→ **Task brief**: The data below is to be repeated in full, exactly as given.

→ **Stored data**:
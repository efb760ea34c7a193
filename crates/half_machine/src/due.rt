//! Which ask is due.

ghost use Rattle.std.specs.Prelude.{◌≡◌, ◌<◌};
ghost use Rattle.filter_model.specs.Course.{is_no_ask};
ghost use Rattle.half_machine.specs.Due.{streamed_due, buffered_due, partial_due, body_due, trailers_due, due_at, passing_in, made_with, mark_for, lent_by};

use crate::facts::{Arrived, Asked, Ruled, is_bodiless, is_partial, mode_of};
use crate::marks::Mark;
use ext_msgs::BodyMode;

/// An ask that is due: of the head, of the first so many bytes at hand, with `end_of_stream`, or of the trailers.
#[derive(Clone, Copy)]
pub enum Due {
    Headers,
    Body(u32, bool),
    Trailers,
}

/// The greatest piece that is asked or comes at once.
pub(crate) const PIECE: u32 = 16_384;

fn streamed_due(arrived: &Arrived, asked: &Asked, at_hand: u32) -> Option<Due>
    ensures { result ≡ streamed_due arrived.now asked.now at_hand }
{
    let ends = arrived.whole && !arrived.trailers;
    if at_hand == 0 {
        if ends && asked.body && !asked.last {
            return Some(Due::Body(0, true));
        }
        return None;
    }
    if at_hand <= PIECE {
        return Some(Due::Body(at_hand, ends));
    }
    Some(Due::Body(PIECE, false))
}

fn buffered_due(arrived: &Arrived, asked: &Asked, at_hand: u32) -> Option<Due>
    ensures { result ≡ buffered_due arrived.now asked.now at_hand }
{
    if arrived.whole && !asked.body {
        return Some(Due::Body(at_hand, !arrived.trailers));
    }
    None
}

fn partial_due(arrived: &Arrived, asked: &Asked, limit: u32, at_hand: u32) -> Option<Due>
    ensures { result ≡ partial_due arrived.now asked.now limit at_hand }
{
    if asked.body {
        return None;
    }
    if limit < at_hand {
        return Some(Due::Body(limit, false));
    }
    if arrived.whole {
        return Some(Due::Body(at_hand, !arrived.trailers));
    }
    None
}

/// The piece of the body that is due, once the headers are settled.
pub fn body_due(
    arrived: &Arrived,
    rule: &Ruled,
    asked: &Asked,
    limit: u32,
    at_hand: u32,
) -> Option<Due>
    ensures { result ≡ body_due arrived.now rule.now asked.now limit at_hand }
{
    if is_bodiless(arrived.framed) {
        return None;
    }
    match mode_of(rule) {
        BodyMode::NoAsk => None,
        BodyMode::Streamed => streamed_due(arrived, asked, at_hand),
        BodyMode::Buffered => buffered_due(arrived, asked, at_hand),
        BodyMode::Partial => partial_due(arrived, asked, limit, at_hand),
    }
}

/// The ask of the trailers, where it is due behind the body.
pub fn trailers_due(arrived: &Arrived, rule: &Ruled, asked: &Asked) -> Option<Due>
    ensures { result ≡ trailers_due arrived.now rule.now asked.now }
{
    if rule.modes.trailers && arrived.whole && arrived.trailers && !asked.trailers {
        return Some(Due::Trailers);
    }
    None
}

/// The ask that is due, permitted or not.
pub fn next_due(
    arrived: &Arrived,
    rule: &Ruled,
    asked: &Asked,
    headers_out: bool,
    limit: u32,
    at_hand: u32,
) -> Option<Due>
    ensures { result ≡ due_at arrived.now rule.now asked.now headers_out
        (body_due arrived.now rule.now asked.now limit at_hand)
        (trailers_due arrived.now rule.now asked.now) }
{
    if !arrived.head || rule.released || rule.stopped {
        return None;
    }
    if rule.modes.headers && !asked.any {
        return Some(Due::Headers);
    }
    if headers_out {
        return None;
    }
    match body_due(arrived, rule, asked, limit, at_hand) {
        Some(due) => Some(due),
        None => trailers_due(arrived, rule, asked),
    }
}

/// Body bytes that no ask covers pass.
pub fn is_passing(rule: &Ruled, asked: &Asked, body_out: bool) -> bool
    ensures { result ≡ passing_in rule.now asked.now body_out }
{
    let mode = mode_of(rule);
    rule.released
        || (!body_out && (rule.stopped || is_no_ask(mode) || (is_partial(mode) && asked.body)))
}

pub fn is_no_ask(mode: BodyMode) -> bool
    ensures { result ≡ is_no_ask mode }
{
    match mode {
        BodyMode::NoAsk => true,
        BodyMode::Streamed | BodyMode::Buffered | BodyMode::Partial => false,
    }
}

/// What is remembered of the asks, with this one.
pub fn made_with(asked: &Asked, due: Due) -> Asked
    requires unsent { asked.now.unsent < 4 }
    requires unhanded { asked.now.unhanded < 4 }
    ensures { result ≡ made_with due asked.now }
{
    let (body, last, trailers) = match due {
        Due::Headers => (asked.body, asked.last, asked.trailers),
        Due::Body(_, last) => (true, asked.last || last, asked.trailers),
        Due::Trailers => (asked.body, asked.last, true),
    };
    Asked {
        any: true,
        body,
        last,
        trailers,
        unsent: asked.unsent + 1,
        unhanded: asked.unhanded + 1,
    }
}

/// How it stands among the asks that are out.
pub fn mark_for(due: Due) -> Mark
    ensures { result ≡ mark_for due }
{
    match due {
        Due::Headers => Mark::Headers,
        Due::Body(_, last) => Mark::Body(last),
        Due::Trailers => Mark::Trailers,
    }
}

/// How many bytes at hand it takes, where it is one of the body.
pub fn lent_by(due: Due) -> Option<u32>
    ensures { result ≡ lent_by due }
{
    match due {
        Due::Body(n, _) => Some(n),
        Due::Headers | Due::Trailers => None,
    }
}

→ **Response to the exercise**:
repository efb760ea34c7a193
filename crates/half_machine/src/due.rt
//! Which ask is due.

ghost use Rattle.std.specs.Prelude.{◌≡◌, ◌<◌};
ghost use Rattle.filter_model.specs.Course.{is_no_ask};
ghost use Rattle.half_machine.specs.Due.{streamed_due, buffered_due, partial_due, body_due, trailers_due, due_at, passing_in, made_with, mark_for, lent_by};

use crate::facts::{Arrived, Asked, Ruled, is_bodiless, is_partial, mode_of};
use crate::marks::Mark;
use ext_msgs::BodyMode;

/// An ask that is due: of the head, of the first so many bytes at hand, with `end_of_stream`, or of the trailers.
#[derive(Clone, Copy)]
pub enum Due {
    Headers,
    Body(u32, bool),
    Trailers,
}

/// The greatest piece that is asked or comes at once.
pub(crate) const PIECE: u32 = 16_384;

fn streamed_due(arrived: &Arrived, asked: &Asked, at_hand: u32) -> Option<Due>
    ensures { result ≡ streamed_due arrived.now asked.now at_hand }
{
    let ends = arrived.whole && !arrived.trailers;
    if at_hand == 0 {
        if ends && asked.body && !asked.last {
            return Some(Due::Body(0, true));
        }
        return None;
    }
    if at_hand <= PIECE {
        return Some(Due::Body(at_hand, ends));
    }
    Some(Due::Body(PIECE, false))
}

fn buffered_due(arrived: &Arrived, asked: &Asked, at_hand: u32) -> Option<Due>
    ensures { result ≡ buffered_due arrived.now asked.now at_hand }
{
    if arrived.whole && !asked.body {
        return Some(Due::Body(at_hand, !arrived.trailers));
    }
    None
}

fn partial_due(arrived: &Arrived, asked: &Asked, limit: u32, at_hand: u32) -> Option<Due>
    ensures { result ≡ partial_due arrived.now asked.now limit at_hand }
{
    if asked.body {
        return None;
    }
    if limit < at_hand {
        return Some(Due::Body(limit, false));
    }
    if arrived.whole {
        return Some(Due::Body(at_hand, !arrived.trailers));
    }
    None
}

/// The piece of the body that is due, once the headers are settled.
pub fn body_due(
    arrived: &Arrived,
    rule: &Ruled,
    asked: &Asked,
    limit: u32,
    at_hand: u32,
) -> Option<Due>
    ensures { result ≡ body_due arrived.now rule.now asked.now limit at_hand }
{
    if is_bodiless(arrived.framed) {
        return None;
    }
    match mode_of(rule) {
        BodyMode::NoAsk => None,
        BodyMode::Streamed => streamed_due(arrived, asked, at_hand),
        BodyMode::Buffered => buffered_due(arrived, asked, at_hand),
        BodyMode::Partial => partial_due(arrived, asked, limit, at_hand),
    }
}

/// The ask of the trailers, where it is due behind the body.
pub fn trailers_due(arrived: &Arrived, rule: &Ruled, asked: &Asked) -> Option<Due>
    ensures { result ≡ trailers_due arrived.now rule.now asked.now }
{
    if rule.modes.trailers && arrived.whole && arrived.trailers && !asked.trailers {
        return Some(Due::Trailers);
    }
    None
}

/// The ask that is due, permitted or not.
pub fn next_due(
    arrived: &Arrived,
    rule: &Ruled,
    asked: &Asked,
    headers_out: bool,
    limit: u32,
    at_hand: u32,
) -> Option<Due>
    ensures { result ≡ due_at arrived.now rule.now asked.now headers_out
        (body_due arrived.now rule.now asked.now limit at_hand)
        (trailers_due arrived.now rule.now asked.now) }
{
    if !arrived.head || rule.released || rule.stopped {
        return None;
    }
    if rule.modes.headers && !asked.any {
        return Some(Due::Headers);
    }
    if headers_out {
        return None;
    }
    match body_due(arrived, rule, asked, limit, at_hand) {
        Some(due) => Some(due),
        None => trailers_due(arrived, rule, asked),
    }
}

/// Body bytes that no ask covers pass.
pub fn is_passing(rule: &Ruled, asked: &Asked, body_out: bool) -> bool
    ensures { result ≡ passing_in rule.now asked.now body_out }
{
    let mode = mode_of(rule);
    rule.released
        || (!body_out && (rule.stopped || is_no_ask(mode) || (is_partial(mode) && asked.body)))
}

pub fn is_no_ask(mode: BodyMode) -> bool
    ensures { result ≡ is_no_ask mode }
{
    match mode {
        BodyMode::NoAsk => true,
        BodyMode::Streamed | BodyMode::Buffered | BodyMode::Partial => false,
    }
}

/// What is remembered of the asks, with this one.
pub fn made_with(asked: &Asked, due: Due) -> Asked
    requires unsent { asked.now.unsent < 4 }
    requires unhanded { asked.now.unhanded < 4 }
    ensures { result ≡ made_with due asked.now }
{
    let (body, last, trailers) = match due {
        Due::Headers => (asked.body, asked.last, asked.trailers),
        Due::Body(_, last) => (true, asked.last || last, asked.trailers),
        Due::Trailers => (asked.body, asked.last, true),
    };
    Asked {
        any: true,
        body,
        last,
        trailers,
        unsent: asked.unsent + 1,
        unhanded: asked.unhanded + 1,
    }
}

/// How it stands among the asks that are out.
pub fn mark_for(due: Due) -> Mark
    ensures { result ≡ mark_for due }
{
    match due {
        Due::Headers => Mark::Headers,
        Due::Body(_, last) => Mark::Body(last),
        Due::Trailers => Mark::Trailers,
    }
}

/// How many bytes at hand it takes, where it is one of the body.
pub fn lent_by(due: Due) -> Option<u32>
    ensures { result ≡ lent_by due }
{
    match due {
        Due::Body(n, _) => Some(n),
        Due::Headers | Due::Trailers => None,
    }
}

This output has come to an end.